Journal du 13 mai au 3 juin 1917 - Moral au plus bas

Publié le 3 Juin 2017

Dimanche 13 mai 1917

Journée calme. Nous sommes relevés par la 6e Compagnie : relève désordonnée. Les Officiers se cachent et abandonnent les sections sans ordre dans les boyaux.

On finit par se caser, blottis comme des anchois, dans les sapes… Moral mauvais, exaspéré par la lâcheté de certains officiers.

La section a trouvé place dans le P.C.1 du Bataillon, près du Tunnel. De jour, l’on se cache.

Lundi 14 au samedi 19 mai 1917

Activité croissante de l’artillerie. le 19, après-midi, le bombardement se fait plus violent. Les avions ennemis volent bas.

Dimanche 20 mai 1917

Journée de boucherie atroce. Le 3e Bataillon est presque anéanti… Mort de Chapot.

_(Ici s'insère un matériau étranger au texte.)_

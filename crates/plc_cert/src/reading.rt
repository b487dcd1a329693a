// Reading, over the JSON value of the whole text. Refusals come in one order: what isn't JSON at all,
// the members of the object, the version, and only then the two lists, since another version may
// have another form.
ghost use Rattle.std.specs.Prelude.{◌≡◌, ◌&&◌, bytes_eq, codes, option_map};
ghost use Rattle.serde_json.specs.View.{view, members_view};
ghost use Rattle.plc_cert.specs.Shape.{whole_of, with_version, root_from, root_of, certificate_of, reading, Answers};

use crate::cert::{Cert, CertFault, CertField};
use crate::part::list;
use serde_json::Value;
use std::alloc::Global;
use std::collections::btree_map::Iter;

/// Whether three names are those of the members.
fn are_named(first: &str, second: &str, third: &str) -> bool
    ensures { result ≡ (bytes_eq first.now (codes "env")
        && (bytes_eq second.now (codes "trees") && bytes_eq third.now (codes "version"))) }
{
    first == "env" && second == "trees" && third == "version"
}

/// The values at `env`, `trees` and `version`, where these are the members that are left.
fn values<'a>(members: &mut Iter<'a, String, Value>) -> Option<(&'a Value, &'a Value, &'a Value)>
    ensures { option_map (λ r. (view r.0.now, view r.1.now, view r.2.now)) result
        ≡ root_from (members_view members.old) }
{
    match (
        members.next(),
        members.next(),
        members.next(),
        members.next(),
    ) {
        (Some((first, env)), Some((second, trees)), Some((third, version)), None)
            if are_named(first.as_str(), second.as_str(), third.as_str()) => {
            Some((env, trees, version))
        }
        _ => None,
    }
}

/// The values at `env`, `trees` and `version`, where these are the members. An object has its members
/// in the order of their names, however the text has them.
fn root(value: &Value) -> Option<(&Value, &Value, &Value)>
    ensures { option_map (λ r. (view r.0.now, view r.1.now, view r.2.now)) result
        ≡ root_of (view value.now) }
{
    values(&mut value.as_object()?.iter())
}

/// The version, where it is 1 or 2.
fn version(value: &Value) -> Result<u8, CertFault>
    ensures { result ≡ with_version (whole_of (view value.now)) (λ n. Ok n) }
{
    match value.as_u64() {
        None => Err(CertFault::Shape {
            field: CertField::Version,
        }),
        Some(n) => if n == 1 || n == 2 {
            Ok(n as u8)
        } else {
            Err(CertFault::Version { n })
        },
    }
}

/// The certificate that a JSON value is.
fn certificate(alloc: Global, value: &Value) -> Result<Cert, CertFault>
    ensures { Answers result (certificate_of (view value.now)) }
{
    let Some((env, trees, number)) = root(value) else {
        return Err(CertFault::Shape {
            field: CertField::Root,
        });
    };
    let version = version(number)?;
    let Some(env) = list(alloc, env)? else {
        return Err(CertFault::Shape {
            field: CertField::Env,
        });
    };
    let Some(trees) = list(alloc, trees)? else {
        return Err(CertFault::Shape {
            field: CertField::Trees,
        });
    };
    Ok(Cert {
        version,
        env,
        trees,
    })
}

/// The certificate that the bytes are: JSON as `serde_json` reads it, white space and the order of
/// members as the writer likes. Its environments have no types of shared pointers.
///
/// Of several refusals the first in this order is the answer: `NotJson`; `Shape` with `Root`; `Shape`
/// with `Version`; `Version` with the number; `Shape` with `Env`; `Shape` with `Trees`. `Memory`
/// may come in place of any answer.
pub fn read(alloc: Global, bytes: &[u8]) -> Result<Cert, CertFault>
    ensures { Answers result (reading bytes.now) }
{
    match Value::from_slice(alloc, bytes) {
        Ok(value) => certificate(alloc, &value),
        Err(error) => if error.is_memory() {
            Err(CertFault::Memory)
        } else {
            Err(CertFault::NotJson)
        },
    }
}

Dimanche 20 mai 1917 (bis)

Journée d’enfer !… Mort de Chapot.

 
Journal du 13 mai au 3 juin 1917 - Moral au plus bas

Lundi 21 mai 1917

Relève par le 4e Zouaves. Nous descendons aux péniches de Bourg-et-Comin. Le 22e et le 30e demeurent en ligne… Quinze hommes hors de combat, dans la section, pour ce séjour.

Lundi 21 mai 1917 (bis)

Le 3e Zouaves nous relève à la Bovelle, tranchée Deimling, après que la 6e Compagnie ait réoccupé le peu de terrain perdu hier à 6622.

Mardi 22 mai 1917

Nous sommes au repos aux péniches de Bourg-et-Comin… on se compte…

Mercredi 23 mai 1917

Hier, après-midi j’ai vu arriver Louis. Le pauvre garçon m’avait cherché toute l’après-midi ; il était allé jusqu’à Pargnan… Quelle joie de se revoir ! Il m’apportait du bon vin et de petites « bricoles ».

Jeudi 24 mai 1917

Louis est revenu hier après-midi, nous avons passé un long moment ensemble. Je vais essayer d’aller le voir.

Vendredi 25 mai 1917

J’ai obtenu un laissez-passer pour hier ; j’ai donc passé la journée avec Louis. Un bon dîner m’attendait. quel joie !

Dimanche 27 mai 1917 (Pentecôte)

Messe aux péniches.

Lundi 28 mai 1917

On ne sait où l’on doit aller.

Mercredi 30 mai 1917

Louis est revenu me voir. Nous avons bu une bonne bouteille en compagnie. Je revenais après l’avoir accompagné jusqu’à Oeuilly, lorsque j’apprends que nous remontons relever, le 1er juin, un Bataillon du 30e, pour quatre ou cinq jours, dit-on.

On discute fort… Tout le monde a le moral bas. On a toutes les peines du monde à faire accroire aux hommes que le séjour là-haut sera de courte durée.

Juin 1917

Vendredi 1er juin 1917

Nous montons aux tranchées, relever une partie des 22e et 30e. Moral de la troupe bas.

Mon Dieu, protégez-moi !

J’ai revu Louis les 22, 23 et 24 à…

Vendredi 1er juin 1917 (bis)

C’est pour ce soir : nous relevons au-dessus de Troyon2 le coin le plus calme ; nous faisons liaison avec un Bataillon du 30e sur la droite ; notre 3e Bataillon est à gauche, le 2e plus à gauche encore. Trois sections en ligne, une section en réserve. Quelques sapes. Ma section est en réserve pour trois jours. Nous travaillons de nuit aux boyaux.

Samedi 2 juin 1917

Journée calme. Personne ne se montre.

Dimanche 3 juin 1917

Au Petit Poste Pinson, un boche sort et enterre les morts entre les deux barricades. Un des nôtres fait de même… Ils se passent la consigne de ne pas tirer.

 

1Poste de Commandement

2Avec Oeuilly, Pargnan et Bourg-et-Comin : Communes françaises du département de l'Aisne. (Aujourd'hui, Troyon a fusionné avec Vendresse-Beaulne pour donner Vendresse-et-Troyon)

Journal du 13 mai au 3 juin 1917 - Moral au plus bas

Rédigé par Frédéric B.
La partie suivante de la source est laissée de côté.